INFORMATION GIVEN ->
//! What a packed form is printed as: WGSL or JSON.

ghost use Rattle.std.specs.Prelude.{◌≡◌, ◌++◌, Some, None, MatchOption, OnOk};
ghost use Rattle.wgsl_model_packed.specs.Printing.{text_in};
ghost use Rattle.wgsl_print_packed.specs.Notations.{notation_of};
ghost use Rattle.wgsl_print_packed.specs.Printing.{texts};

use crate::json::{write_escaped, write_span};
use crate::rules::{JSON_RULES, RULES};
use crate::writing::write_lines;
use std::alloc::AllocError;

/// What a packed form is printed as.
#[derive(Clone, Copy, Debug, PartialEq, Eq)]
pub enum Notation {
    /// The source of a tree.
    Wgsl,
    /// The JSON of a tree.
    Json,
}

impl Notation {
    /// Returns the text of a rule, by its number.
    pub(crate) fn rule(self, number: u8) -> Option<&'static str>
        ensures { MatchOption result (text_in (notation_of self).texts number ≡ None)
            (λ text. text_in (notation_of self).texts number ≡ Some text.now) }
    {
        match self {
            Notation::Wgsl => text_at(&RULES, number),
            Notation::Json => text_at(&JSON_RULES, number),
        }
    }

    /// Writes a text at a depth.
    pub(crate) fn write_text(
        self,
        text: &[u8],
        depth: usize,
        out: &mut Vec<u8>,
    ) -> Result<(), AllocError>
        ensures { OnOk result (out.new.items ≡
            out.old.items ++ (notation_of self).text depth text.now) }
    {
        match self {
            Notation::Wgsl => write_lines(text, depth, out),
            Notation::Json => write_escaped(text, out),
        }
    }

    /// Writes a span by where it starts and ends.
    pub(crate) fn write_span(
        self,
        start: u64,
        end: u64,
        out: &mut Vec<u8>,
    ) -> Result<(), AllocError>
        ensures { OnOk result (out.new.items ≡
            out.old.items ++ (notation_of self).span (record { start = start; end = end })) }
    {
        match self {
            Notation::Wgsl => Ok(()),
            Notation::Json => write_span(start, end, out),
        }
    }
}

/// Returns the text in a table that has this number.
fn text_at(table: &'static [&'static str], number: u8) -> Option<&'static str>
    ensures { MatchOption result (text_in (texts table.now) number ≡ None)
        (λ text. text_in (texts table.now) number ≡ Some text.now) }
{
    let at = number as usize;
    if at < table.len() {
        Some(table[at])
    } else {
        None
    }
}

THE PROBLEM -> When a line of the data holds the string "ghost", pick it out and copy it.

SOLUTION ->
ghost use Rattle.std.specs.Prelude.{◌≡◌, ◌++◌, Some, None, MatchOption, OnOk};
ghost use Rattle.wgsl_model_packed.specs.Printing.{text_in};
ghost use Rattle.wgsl_print_packed.specs.Notations.{notation_of};
ghost use Rattle.wgsl_print_packed.specs.Printing.{texts};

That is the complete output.